Il tuo lavoro unisce tradizione e manifattura di diverse culture, in particolare quelle nordiche, asiatiche e italiane. Come riesci a connettere questi mondi apparentemente distanti, e quale valore attribuisci a questa fusione culturale nel design?
Sono anni che mi occupo di industrial e furniture design e mi sono chiesta come posso far si che - attraverso il mio lavoro - l’artigianato non si perda, ma che anzi possa essere parte del processo e del prodotto finale. Ho deciso di avvicinarmi alla storia, di approfondire tutto ciò che non è dato per scontato o che si trova sui libri. Mi interesso di antropologia cercando di capire cosa abbiamo fatto, perché lo abbiamo fatto, e cosa possiamo ancora fare.
Zenit, Movimento Gallery. Photo courtesy of Federica Biasi
Tra design e artigianato quindi per te che “connessione” sussiste?
Io credo che il mondo dell’arredamento non sia poi così distante dall’artigianato. È una mia volontà, quasi un memento, per ricordarmi che il saper fare è nelle nostre mani e che l’artigianato non può andare perso, perché è parte della nostra storia. Nonostante in questa società la produzione in serie e l’industria siano fondamentali, non significa che non possano integrarsi con le nostre radici e con una parte di artigianato. Cerco sempre di non far prevalere nessuno dei due mondi, ma di dare a entrambi grande importanza. A volte, a livello estetico, uno dei due prende il sopravvento, ma a livello progettuale c’è sempre una forte intenzione di integrazione.
Solleone designed for Imnativ. Photo courtesy of Andrea Pugiotto
In un’epoca in cui il product design sta sempre più integrando valori di sostenibilità come pensi che i designer possano contribuire a creare un legame più profondo tra le tradizioni locali e le tendenze globali, mantenendo una narrazione autentica nei loro progetti?

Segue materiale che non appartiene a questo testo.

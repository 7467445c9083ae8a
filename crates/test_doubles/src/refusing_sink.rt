//! A sink that rejects a piece.
ghost use Rattle.std.specs.Prelude.{◌≡◌, ◌-◌, ◌<◌, [], ◌++◌, Some, true, false};
ghost use Rattle.std.proofs.Common.{sym, ap, ◌∙◌};
ghost use Rattle.std.proofs.lemmas.List.{append-nil, append_assoc};
ghost use Rattle.test_doubles.specs.Refusing.{taken_text, pieces_left};

use demangle_sink::{ArraySink, SinkRefused, TextSink};

/// Takes every empty piece, and rejects one of the nonempty ones. It stores the text that it took,
/// of at most 4,096 bytes.
#[derive(Drop)]
pub struct RefusingSink {
    text: ArraySink<4096>,
    /// The number of nonempty pieces that are taken before the rejected one.
    left: usize,
    failed: bool,
}

impl RefusingSink {
    /// Returns a sink that rejects the nonempty piece with this number, counted from 1.
    pub fn new(number: usize) -> RefusingSink
        requires { 0 < number }
        ensures alive { ⟦<RefusingSink as TextSink>⟧.failed result ≡ false }
        ensures empty { taken_text result ≡ [] }
        ensures left { pieces_left result ≡ number - 1 }
    {
        RefusingSink {
            text: ArraySink::new(),
            left: number - 1,
            failed: false,
        }
    }

    /// Returns the text that the sink has taken.
    pub fn as_str(&self) -> &str
        ensures { result.now ≡ taken_text self.now }
    {
        self.text.as_str()
    }
}

impl TextSink for RefusingSink {
    ghost took = { λ s bytes t. taken_text t ≡ taken_text s ++ bytes };

    ghost failed = { λ s. s.failed };

    ghost room = { λ s. Some 0 };

    ghost keeps = { true };

    fn put(&mut self, s: &str) -> Result<(), SinkRefused> {
        if s.is_empty() {
            return Ok(());
        }
        if self.left == 0 || self.text.is_failed() {
            self.failed = true;
            return Err(SinkRefused);
        }
        self.left -= 1;
        match self.text.put(s) {
            Ok(()) => Ok(()),
            Err(refused) => {
                self.failed = true;
                Err(refused)
            }
        }
    }

    fn is_failed(&self) -> bool {
        self.failed
    }

    ghost took_nothing = { λ s. sym (append-nil (taken_text s)) };

    ghost took_joined = { λ s t u xs ys h k.
        k ∙ (ap (λ z. z ++ ys) h ∙ append_assoc (taken_text s) xs ys) };
}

Credo che il concetto chiave sia proprio questo: produrre meno e meglio. Se guardiamo indietro, vediamo come l’artigianato sia stato maestro in questo. Serve tempo, non solo per produrre un oggetto, ma anche per concepirlo. La sostenibilità nasce dal pensiero dietro un oggetto, non solo dal suo processo produttivo. L’industria può supportarci, non solo con la produzione massiva, ma anche con un’ottimizzazione intelligente delle risorse.

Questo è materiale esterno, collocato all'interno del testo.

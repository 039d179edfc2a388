//! The job's message about what its options say and isn't taken.
ghost use Rattle.std.specs.Prelude.{◌≡◌, IfOk};
ghost use Rattle.branch_bound.specs.Walks.{best as best_of};
ghost use Rattle.solve_run.specs.Firsts as specs;

use branch_bound::Found;
use os_io::{Memory, Text};
use osol_grammar::Options;
use std::alloc::Global;

/// What is said of the first values of the options, where they say some, and the search doesn't begin with them.
fn first_note(
    alloc: Global,
    options: &Options,
    first: &Option<Found>,
) -> Result<Option<Text>, Memory>
    ensures { IfOk result (λ note. note ≡ specs.first_note options.now.first (best_of first.now)) }
{
    if options.first.is_none() || first.is_some() {
        return Ok(None);
    }
    Ok(Some(Text::from_slice(
        alloc,
        b"initialVariableValues passed over: no feasible point",
    )?))
}

/// Two messages as one, the second behind the first.
fn both_notes(first: Option<Text>, second: Option<Text>) -> Result<Option<Text>, Memory>
    ensures { IfOk result (λ note. note ≡ specs.both_notes first second) }
{
    match first {
        None => Ok(second),
        Some(first) => match second {
            None => Ok(Some(first)),
            Some(second) => {
                let mut text = first;
                text.extend(b"; ")?;
                text.extend(second.as_slice())?;
                Ok(Some(text))
            }
        },
    }
}

/// What is said of a result that is handed in, and then of first values.
pub fn whole_note(
    alloc: Global,
    handed: Option<Text>,
    options: &Options,
    first: &Option<Found>,
) -> Result<Option<Text>, Memory>
    ensures { IfOk result (λ note. note ≡ specs.both_notes handed (specs.first_note options.now.first (best_of first.now))) }
{
    both_notes(handed, first_note(alloc, options, first)?)
}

Kimono Collection. Photo courtesy of Louise de Belle
Quest’anno porterai alla luce nuovi progetti nel campo del design industriale e del collectible, oltre a un nuovo libro che documenta le tue ricerche. Come vedi l’evoluzione del rapporto tra il prodotto e il suo valore emozionale o narrativo, soprattutto in una fase in cui la storia dietro a ogni pezzo sembra essere sempre più centrale?
L’autenticità di un progetto si manifesta quando riesce a raccontare il percorso di chi lo ha creato, non quando si limita a integrare i valori della società. Ci sono stati periodi in cui l’interpretazione della società e della comunità erano fattori trainanti del design. Oggi non basta più. È necessario trasmettere valori e pensieri personali, con coerenza nel tempo. Il valore emozionale e narrativo è importante, ma non è tutto: la narrazione deve essere autentica, deve raccontare l’impegno. La manifattura è, a mio avviso, il modo contemporaneo in cui il design può differenziarsi.
Lina designed for Pianca. Photo courtesy of Alberto Strada
Che consiglio daresti oggi a uno studente universitario di product design? Cambieresti qualcosa nel tuo percorso?
Non mi pento del mio percorso, e anzi, lo sto ancora costruendo. Sicuramente consiglierei di iniziare a lavorare il prima possibile. Questo non è un settore in cui i libri possono sostituire l’esperienza diretta. Serve immergersi con mente e mani nel processo.